Покидая царство сильфов, Симплициссимус преисполнен земных планов. Заполучив камень, который должен пробуравить для него источник целебной воды, он собирается стать владельцем модного курорта и обдумывает его устройство, не пренебрегая мелким плутовством и хитростями. Но его мечты оказываются столь же обманчивыми, как и весь аллегорический маскарад Муммельзее.
Когда все пошло прахом и "источник" забил в лесной глуши, то Симплициссимус все же хочет облагодетельствовать мужиков, по вине которых это случилось. Но забитые крестьяне не только не принимают это благодеяние, но чрезвычайно им напуганы.

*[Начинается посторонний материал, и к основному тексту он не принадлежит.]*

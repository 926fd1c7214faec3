//! Runs one part of the front end over standard input, for the scripts in `bench` to time.
#![tactic(auto)]

use cedar_data::Map;
use cedar_names::ExtensionTable;
use schema_assist::assist;
use schema_build::ValidatorSchema;
use schema_convert::parse_cedar_schema_fragment;
use schema_json::Fragment;
use schema_print::ToCedarSchema;
use schema_resolve::ResolveFragment;
use schema_syntax::{parse_schema, scan, syntax_fault_of};
use std::alloc::{AllocError, Global};
use std::process::ExitCode;
use std::{env, io};

// Whether the part that the word names takes the text.
fn takes(alloc: Global, word: &str, text: &str) -> Result<bool, AllocError> {
    match word {
        "scan" => Ok(scan(alloc, text)?.at == text.len()),
        "faults" => Ok(syntax_fault_of(alloc, text)?.is_none()),
        "parse" => Ok(parse_schema(alloc, text).is_ok()),
        "assist" => assists(alloc, text),
        "translate" => {
            let table = ExtensionTable::all_available(alloc)?;
            Ok(parse_cedar_schema_fragment(alloc, text, &table).is_ok())
        }
        "resolve" => resolves(alloc, text),
        "print" => prints(alloc, text),
        "build" => builds(alloc, text),
        _ => Ok(false),
    }
}

// Whether something may stand at the end of the text, where no names are known.
fn assists(alloc: Global, text: &str) -> Result<bool, AllocError> {
    let table = ExtensionTable::all_available(alloc)?;
    let known = Fragment(Map::new(alloc));
    Ok(assist(alloc, text, text.len(), &known, &table).is_ok())
}

// Whether each name of the text means something.
fn resolves(alloc: Global, text: &str) -> Result<bool, AllocError> {
    let table = ExtensionTable::all_available(alloc)?;
    match parse_cedar_schema_fragment(alloc, text, &table) {
        Ok((fragment, _)) => {
            Ok(
                fragment
                    .to_internal_name_fragment_with_resolved_types(alloc, &table)
                    .is_ok(),
            )
        }
        Err(_) => Ok(false),
    }
}

// Whether the fragment of the text has a text.
fn prints(alloc: Global, text: &str) -> Result<bool, AllocError> {
    let table = ExtensionTable::all_available(alloc)?;
    match parse_cedar_schema_fragment(alloc, text, &table) {
        Ok((fragment, _)) => Ok(fragment.to_cedarschema(alloc).is_ok()),
        Err(_) => Ok(false),
    }
}

// Whether a schema is built of the fragment of the text.
fn builds(alloc: Global, text: &str) -> Result<bool, AllocError> {
    let table = ExtensionTable::all_available(alloc)?;
    match parse_cedar_schema_fragment(alloc, text, &table) {
        Ok((fragment, _)) => {
            Ok(ValidatorSchema::from_schema_frag(alloc, fragment, &table).is_ok())
        }
        Err(_) => Ok(false),
    }
}

// The first word after the program's name, and the whole of standard input.
fn given(rt: &HostRuntime) -> io::Result<(String, Vec<u8>)> {
    let word = match env::args(rt)?.nth(1) {
        Some(word) => word,
        None => String::new(rt.alloc()),
    };
    let mut bytes = Vec::new(rt.alloc());
    io::copy(&mut rt.stdin(), &mut bytes)?;
    Ok((word, bytes))
}

// Whether the part that the word names takes the text of these bytes; none where they are no text.
fn takes_bytes(alloc: Global, word: &str, bytes: &[u8]) -> Option<bool> {
    match str::from_utf8(bytes) {
        Ok(text) => Some(matches!(takes(alloc, word, text), Ok(true))),
        Err(_) => None,
    }
}

fn main(rt: HostRuntime) -> ExitCode {
    match given(&rt) {
        Ok((word, bytes)) => match takes_bytes(rt.alloc(), &word, &bytes) {
            Some(true) => ExitCode::SUCCESS,
            Some(false) => ExitCode::from(1),
            None => ExitCode::from(2),
        },
        Err(_) => ExitCode::from(2),
    }
}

Стоит только прознать об этом источнике их господам, как они всем воспользуются, а крестьянам только прибавится тягот и барщины (V, 18). Читатель резким рывком возвращается к мрачной реальности феодально-крепостнического общества.
В эпизоде Муммельзее дана сатира не только на земные порядки, на социальное устройство мира, но и на утопическое общество самих сильфов.